Amplitude bases in generic EFTs

TL;DR

This paper introduces an efficient algorithm to classify independent contact terms in four-dimensional effective field theories, aiding the systematic construction of EFT operators involving various particles and spins.

Contribution

The authors develop the first efficient method to identify a basis of independent kinematic structures in 4D EFTs with massless and massive particles, enabling systematic classification of operators.

Findings

Classified D^{2n} F^4 contact terms in SU(N) Yang-Mills for n≤8

Identified dimension-six operators involving five vector bosons

Derived spin-tidal interactions for massive spin-1 particles in gravity

Abstract

We present for the first time an efficient algorithm to find a basis of kinematically independent structures built of (massless and massive) spinor helicity variables in four dimensions. This method provides a classification of independent contact terms for the scattering amplitudes with generic masses, spins and multiplicity, in any effective field theory (EFT).

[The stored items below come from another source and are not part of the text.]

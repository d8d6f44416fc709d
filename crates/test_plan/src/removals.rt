// Document 02, request 6: case 12 with removal 3; a sheet that pays removals alone, and none where it is maintained and then renovated up to T; a
// sheet on which a removal of 6 makes one replacement cheaper than two; and the paper's case study.

use crate::lent_words::{years_0_to_4, years_to_300};
use crate::paper::five_replacements;
use crate::planned::amply;
use std::io;
use test_sheets::removals;

pub fn plans(rt: &impl Print) -> io::Result<()> {
    amply(rt, "case 12 removed", &removals::case_12().0)?;
    amply(rt, "removals alone", &removals::alone().0)?;
    amply(rt, "overhauled", &removals::overhauled(0).0)?;
    amply(rt, "overhauled, removal 6", &removals::overhauled(6).0)?;
    five_replacements(rt, "paper removed", &removals::case_study().0)
}

pub fn words(rt: &impl Print) -> io::Result<()> {
    years_0_to_4(rt, "case 12 removed, words", &removals::case_12().0)?;
    years_0_to_4(rt, "removals alone, words", &removals::alone().0)?;
    years_to_300(rt, "paper removed, words", &removals::case_study().0)
}
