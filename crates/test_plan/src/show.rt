// What is printed of a plan, and of the words that planning lends.

ghost use Rattle.std.specs.Prelude.{◌≤◌};

use std::io;
use std::io::Write;

// Word y where no replacements lead from y to T: 2^64 − 1.
const NONE: u64 = u64::MAX;

pub fn plan_lines(rt: &impl Print, plan: &[u8]) -> io::Result<()> {
    let mut text = [0; 6069];
    let printed = lines::plan_lines(plan, &mut text);
    io::writer(rt).write_all(&text[..printed])
}

// The year and its word: the least total of replacements alone from y to T.
pub fn year(rt: &impl Print, words: &[u64; 302], y: usize) -> io::Result<()>
    requires { y ≤ 300 }
{
    match words[y] {
        NONE => println!(rt; "year {y}: none"),
        units => println!(rt; "year {y}: units {units}"),
    }
}

// For T = 3, the first word behind those of years 0 to T, the last that planning wants, and the one behind it.
pub fn kept(rt: &impl Print, words: &[u64; 302]) -> io::Result<()> {
    println!(rt;
        "words 4, 300 and 301: {} {} {}",
        words[4], words[300], words[301]
    )
}
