// Faulty sheets: the paper's with one field past its limit. A fault in a record comes with the option.

use crate::planned::amply;
use std::io;
use test_sheets::REPLACE_AT;
use test_sheets::paper::sheet;

pub fn sheets(rt: &impl Print) -> io::Result<()> {
    let late = sheet().put16(5, 301);
    let long = sheet().put16(REPLACE_AT + 2, 121);
    amply(rt, "T 301", &late.0)?;
    amply(rt, "replace for up to 121 years", &long.0)
}
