// Runs `plan` on sheets and prints the plan of each, or its refusal; the file `stdout` beside `src` has the lines expected. Cases 9 to 12 of
// document 01, and case 12 with buffers at their limits; the paper's case study, its plan priced, and its sheet with replace not offered;
// sheets on which maintaining and renovating are taken; sheets with removals; faulty sheets; and the words that are lent.

#![tactic(auto)]

use std::io;

mod document;
mod faulty;
mod lent_words;
mod paper;
mod planned;
mod postponed;
mod removals;
mod show;

fn all(rt: &impl Print) -> io::Result<()> {
    document::cases(rt)?;
    paper::replacements(rt)?;
    paper::none(rt)?;
    postponed::all_free(rt)?;
    postponed::maintained(rt)?;
    postponed::motors(rt)?;
    removals::plans(rt)?;
    document::lengths(rt)?;
    faulty::sheets(rt)?;
    lent_words::cases(rt)?;
    lent_words::replacements(rt)?;
    lent_words::none(rt)?;
    removals::words(rt)
}

// Lines that cannot be written are not told: what was printed is compared.
fn main(rt: HostRuntime) {
    let _ = all(&rt);
}
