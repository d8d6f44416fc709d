// Document 01's cases 9 to 12; and case 12, whose plan has 23 bytes, with buffers that are just too short and just long enough.

use crate::planned::{amply, in_buffers};
use std::io;
use test_sheets::document::{case_9, case_10, case_11, case_12};

pub fn cases(rt: &impl Print) -> io::Result<()> {
    amply(rt, "case 9", &case_9().0)?;
    amply(rt, "case 10", &case_10().0)?;
    amply(rt, "case 11", &case_11().0)?;
    amply(rt, "case 12", &case_12().0)
}

pub fn lengths(rt: &impl Print) -> io::Result<()> {
    let sheet = case_12().0;
    let mut short = [0; 22];
    let mut plan = [0; 23];
    let mut few = [0; 300];
    let mut words = [0; 301];
    in_buffers(rt, "case 12, 22 bytes", &sheet, &mut short, &mut words)?;
    in_buffers(rt, "case 12, 300 words", &sheet, &mut plan, &mut few)?;
    in_buffers(
        rt,
        "case 12, 23 bytes and 301 words",
        &sheet,
        &mut plan,
        &mut words,
    )
}
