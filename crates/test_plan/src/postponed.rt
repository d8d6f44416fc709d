// Sheets on which replacing is put off, or not done at all, or done in place of renovating; all that is not named is 0.

use crate::planned::amply;
use std::io;
use test_sheets::{MAINTAIN_AT, RENOVATE_AT, REPLACE_AT, ShortSheet, plain};

fn undiscounted(horizon: u64) -> ShortSheet {
    plain().put16(5, horizon).put32(7, 0)
}

// Nothing to pay, T = 7; maintain for 1 to 3 years, renovate for 2, replace for 1 to 2: the largest i, then the largest j.
pub fn all_free(rt: &impl Print) -> io::Result<()> {
    let kept = undiscounted(7)
        .lives(MAINTAIN_AT, 1, 3)
        .lives(RENOVATE_AT, 2, 2);
    amply(rt, "all free", &kept.lives(REPLACE_AT, 1, 2).0)
}

// T = 3. Maintaining for three years costs 2 and then 1 a year; a replacement costs 10.
pub fn maintained(rt: &impl Print) -> io::Result<()> {
    let offered = undiscounted(3)
        .lives(MAINTAIN_AT, 1, 3)
        .lives(REPLACE_AT, 1, 3);
    let upgraded = offered.put32(MAINTAIN_AT + 4, 2).put32(MAINTAIN_AT + 12, 1);
    amply(
        rt,
        "maintaining is cheapest",
        &upgraded.put32(REPLACE_AT + 4, 10).0,
    )
}

// T = 2, r 40,000, each option for a year. Maintaining is free; electricity of 1 has g 20,000 in a renovation and g 30,000 in a replacement, which
// is cheaper all the same, because its motors are new.
pub fn motors(rt: &impl Print) -> io::Result<()> {
    let kept = plain().put16(5, 2).lives(MAINTAIN_AT, 1, 1);
    let offered = kept.lives(RENOVATE_AT, 1, 1).lives(REPLACE_AT, 1, 1);
    let old = offered
        .put32(RENOVATE_AT + 24, 1)
        .put32(RENOVATE_AT + 32, 20_000);
    let new = old.put32(REPLACE_AT + 24, 1).put32(REPLACE_AT + 32, 30_000);
    amply(rt, "old motors", &new.0)
}
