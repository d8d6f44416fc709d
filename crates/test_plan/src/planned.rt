// A sheet is planned, and what comes of it is printed under the case's name.

use crate::show::plan_lines;
use std::io;

// In the buffers that are lent.
pub fn in_buffers(
    rt: &impl Print,
    name: &str,
    sheet: &[u8],
    plan: &mut [u8],
    words: &mut [u64],
) -> io::Result<()> {
    println!(rt; "{name}")?;
    match planner::plan(sheet, plan, words) {
        Ok(_) => plan_lines(rt, plan),
        Err(refusal) => println!(rt; "{refusal}"),
    }
}

// In buffers that are long enough for every sheet.
pub fn amply(rt: &impl Print, name: &str, sheet: &[u8]) -> io::Result<()> {
    let mut plan = [0; 619];
    let mut words = [0; 301];
    in_buffers(rt, name, sheet, &mut plan, &mut words)
}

These contact terms are in one-to-one correspondence with a complete set of irrelevant operators in the EFT. As basic applications of our method, we classify the $D^{2n} F^4$ contact terms in SU$(N)$ Yang-Mills theory for $n\leq 8$, dimension-six operators involving five $W^\pm$, $Z$ and $\gamma$ vector bosons, and spin-tidal effective interactions for spin-1 massive particles in gravitational theories.